You can use controls provided by chaostoolkit-reliably to track your experiments within Reliably. The block is inserted automatically by Reliably when you import the experiment into Reliably.

Contribute

From a code perspective, if you wish to contribute, you will need to run a Python 3.6+ environment. Please, fork this project, write unit tests to cover the proposed changes, implement the changes, ensure they meet the formatting standards set out by black, ruff, isort, and mypy, add an entry into CHANGELOG.md, and then raise a PR to the repository for review

Please refer to the formatting section for more information on the formatting standards.
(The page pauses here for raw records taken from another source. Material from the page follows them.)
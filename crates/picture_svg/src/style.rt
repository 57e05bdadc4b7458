//! How things look.

/// The rules of style, and the hatches. The fills of cells differ by a twelfth of the whole or more
/// in grey, which has 30 parts of red, 59 of green and 11 of blue. Only that of a call is nearer.
pub const STYLE: &str = "<style>
svg.lots text{font:10px Helvetica,Arial,'DejaVu Sans',sans-serif;fill:#000}
svg.lots .title{font-size:13px;font-weight:bold}
svg.lots .line,svg.lots .letter,svg.lots .name{font:9px 'DejaVu Sans Mono',Menlo,Consolas,monospace}
svg.lots .word{font:8px 'DejaVu Sans Mono',Menlo,Consolas,monospace}
svg.lots .said{fill:#666}
svg.lots .name{fill:#333}
svg.lots .end{text-anchor:end}
svg.lots .letter,svg.lots .number{text-anchor:middle}
svg.lots .small{font-size:7px}
svg.lots .number{font-size:8px;fill:#666}
svg.lots .light{fill:#fff}
.grid{stroke:#e4e4e4;stroke-width:.6;fill:none}
.empty{fill:none;stroke:#bbb;stroke-width:.6}
.box{fill:#fff;stroke:#bbb;stroke-width:.6}
.mark,.head{fill:#000;stroke:#000;stroke-width:.8}
.hollow{fill:#fff}
.inside,.origin{fill:#000}
.backing{fill:#fff}
.halo{stroke:#fff;stroke-width:3.6;fill:none}
.shaft{stroke:#000;stroke-width:1.2;fill:none}
.double{stroke-width:3.4}
.core{stroke:#fff;stroke-width:1.2;fill:none}
.dashed{stroke-dasharray:3 2}
.chosen{fill:none;stroke:#000;stroke-width:1.4;stroke-dasharray:4 2}
.column{fill:#fff;fill-opacity:0}
.owns{fill:#00375f}
.pending{fill:url(#pending)}
.upgradable{fill:#0d9b70}
.shares{fill:#8fd3f6}
.runs{fill:#c56a9c}
.calls{fill:#efefef;stroke:#aaa;stroke-width:.5}
.waits{fill:#eca41a}
.aside{fill:url(#aside)}
.taken{fill:url(#taken)}
.retries{fill:#f7e95a}
.owes{fill:#a83400}
</style>
<defs>
<pattern id=\"pending\" width=\"5\" height=\"5\" patternUnits=\"userSpaceOnUse\" patternTransform=\"rotate(45)\">
<rect width=\"5\" height=\"5\" fill=\"#dcebf5\"/><rect width=\"1.6\" height=\"5\" fill=\"#00375f\"/>
</pattern>
<pattern id=\"aside\" width=\"5\" height=\"5\" patternUnits=\"userSpaceOnUse\" patternTransform=\"rotate(-45)\">
<rect width=\"5\" height=\"5\" fill=\"#fdf0d5\"/><rect width=\"1.6\" height=\"5\" fill=\"#c98200\"/>
</pattern>
<pattern id=\"taken\" width=\"4\" height=\"4\" patternUnits=\"userSpaceOnUse\">
<rect width=\"4\" height=\"4\" fill=\"#fdf0d5\"/><circle cx=\"2\" cy=\"2\" r=\".9\" fill=\"#8a5a00\"/>
</pattern>
</defs>
";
The Chaos Toolkit projects require all contributors must sign a Developer Certificate of Origin on each commit they would like to merge into the master branch of the repository. Please, make sure you can abide by the rules of the DCO before submitting a PR.

Develop

If you wish to develop on this project, make sure to install the development dependencies. First you will need to install globally pdm and create a virtual environment:

$ pdm create venv
$ pdm use
$ $(pdm venv activate)

Then install the dependencies:

$ pdm sync -d

Test

To run the tests for the project execute the following:

$ pdm run test

Formatting and Linting

We use a combination of black, [ruff][flake8], isort, mypy and [bandit][] to both lint and format this repositories code.

Before raising a Pull Request, we recommend you run formatting against your code with:

$ pmd run format

This will automatically format any code that doesn't adhere to the formatting standards.

As some things are not picked up by the formatting, we also recommend you run:

$ pdm run lint

To ensure that any unused import statements/strings that are too long, etc. are also picked up. It will also provide you with any errors mypy picks up.